Start of STUDY MATERIAL

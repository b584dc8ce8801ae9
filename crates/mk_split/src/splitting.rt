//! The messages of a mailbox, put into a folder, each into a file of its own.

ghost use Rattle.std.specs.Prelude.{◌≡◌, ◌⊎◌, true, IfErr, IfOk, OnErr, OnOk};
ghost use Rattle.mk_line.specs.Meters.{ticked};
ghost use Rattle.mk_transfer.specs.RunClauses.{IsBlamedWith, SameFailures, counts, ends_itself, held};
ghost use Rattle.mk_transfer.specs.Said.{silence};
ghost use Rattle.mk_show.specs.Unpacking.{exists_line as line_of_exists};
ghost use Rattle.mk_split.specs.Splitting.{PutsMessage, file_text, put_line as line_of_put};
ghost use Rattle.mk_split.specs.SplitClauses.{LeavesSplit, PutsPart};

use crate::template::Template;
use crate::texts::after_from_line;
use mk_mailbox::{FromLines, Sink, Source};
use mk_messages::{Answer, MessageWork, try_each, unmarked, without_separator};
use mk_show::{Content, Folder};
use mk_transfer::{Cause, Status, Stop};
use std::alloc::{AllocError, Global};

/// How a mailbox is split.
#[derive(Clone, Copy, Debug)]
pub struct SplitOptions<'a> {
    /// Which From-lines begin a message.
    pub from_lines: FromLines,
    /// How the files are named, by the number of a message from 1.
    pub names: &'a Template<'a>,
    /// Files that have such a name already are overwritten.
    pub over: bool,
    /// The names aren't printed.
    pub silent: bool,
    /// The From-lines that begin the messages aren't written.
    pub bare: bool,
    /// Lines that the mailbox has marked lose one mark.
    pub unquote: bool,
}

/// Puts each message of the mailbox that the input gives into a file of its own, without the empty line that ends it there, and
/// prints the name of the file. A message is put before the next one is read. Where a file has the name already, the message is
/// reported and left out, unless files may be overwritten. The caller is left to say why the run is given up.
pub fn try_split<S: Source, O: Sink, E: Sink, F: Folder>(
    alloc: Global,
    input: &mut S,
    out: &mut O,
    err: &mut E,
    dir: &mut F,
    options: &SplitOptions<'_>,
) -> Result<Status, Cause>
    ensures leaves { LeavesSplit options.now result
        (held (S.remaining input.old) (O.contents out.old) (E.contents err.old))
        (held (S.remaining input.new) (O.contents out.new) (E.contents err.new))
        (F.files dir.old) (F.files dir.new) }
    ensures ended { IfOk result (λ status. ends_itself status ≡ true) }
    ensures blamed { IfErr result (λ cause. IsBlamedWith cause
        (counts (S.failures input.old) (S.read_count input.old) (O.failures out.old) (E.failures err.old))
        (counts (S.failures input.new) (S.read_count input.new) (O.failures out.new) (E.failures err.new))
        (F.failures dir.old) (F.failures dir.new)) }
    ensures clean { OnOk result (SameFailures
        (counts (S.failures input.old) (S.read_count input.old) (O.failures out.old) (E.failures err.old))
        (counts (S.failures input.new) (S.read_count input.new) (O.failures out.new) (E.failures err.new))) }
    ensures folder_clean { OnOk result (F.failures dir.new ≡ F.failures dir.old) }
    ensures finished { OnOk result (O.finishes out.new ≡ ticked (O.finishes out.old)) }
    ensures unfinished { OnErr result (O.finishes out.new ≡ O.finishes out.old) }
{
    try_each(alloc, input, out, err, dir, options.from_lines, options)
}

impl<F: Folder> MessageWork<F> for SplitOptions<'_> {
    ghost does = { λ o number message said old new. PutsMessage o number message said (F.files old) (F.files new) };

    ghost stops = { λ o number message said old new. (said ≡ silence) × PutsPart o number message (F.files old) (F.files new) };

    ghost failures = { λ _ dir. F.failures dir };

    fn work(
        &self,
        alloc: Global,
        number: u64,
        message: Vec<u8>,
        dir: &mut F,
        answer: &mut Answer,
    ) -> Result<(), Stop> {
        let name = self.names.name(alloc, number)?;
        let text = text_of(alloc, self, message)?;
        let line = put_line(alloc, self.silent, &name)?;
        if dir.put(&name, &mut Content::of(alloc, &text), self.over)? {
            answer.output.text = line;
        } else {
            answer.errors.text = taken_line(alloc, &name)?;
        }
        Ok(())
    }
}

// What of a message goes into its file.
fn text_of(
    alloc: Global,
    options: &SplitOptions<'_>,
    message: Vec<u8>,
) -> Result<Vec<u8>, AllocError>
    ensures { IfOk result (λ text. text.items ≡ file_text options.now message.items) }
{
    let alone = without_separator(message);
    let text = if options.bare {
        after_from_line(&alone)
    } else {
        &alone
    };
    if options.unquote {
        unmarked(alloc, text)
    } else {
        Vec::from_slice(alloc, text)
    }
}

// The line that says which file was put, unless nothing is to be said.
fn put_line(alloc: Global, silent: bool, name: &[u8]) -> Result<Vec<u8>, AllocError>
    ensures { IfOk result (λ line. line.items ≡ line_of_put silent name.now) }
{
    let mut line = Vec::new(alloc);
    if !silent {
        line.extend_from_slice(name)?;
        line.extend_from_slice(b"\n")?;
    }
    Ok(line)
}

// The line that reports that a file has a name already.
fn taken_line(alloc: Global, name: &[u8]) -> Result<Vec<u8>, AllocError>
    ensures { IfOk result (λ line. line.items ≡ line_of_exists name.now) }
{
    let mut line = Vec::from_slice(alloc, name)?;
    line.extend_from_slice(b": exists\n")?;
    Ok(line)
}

End of STUDY MATERIAL

(WHAT TO WORK ON) Only the lines from the one containing "a name already." through the last line of the entries above should be copied, exactly as written.

(RESPONSE)
// The line that reports that a file has a name already.
fn taken_line(alloc: Global, name: &[u8]) -> Result<Vec<u8>, AllocError>
    ensures { IfOk result (λ line. line.items ≡ line_of_exists name.now) }
{
    let mut line = Vec::from_slice(alloc, name)?;
    line.extend_from_slice(b": exists\n")?;
    Ok(line)
}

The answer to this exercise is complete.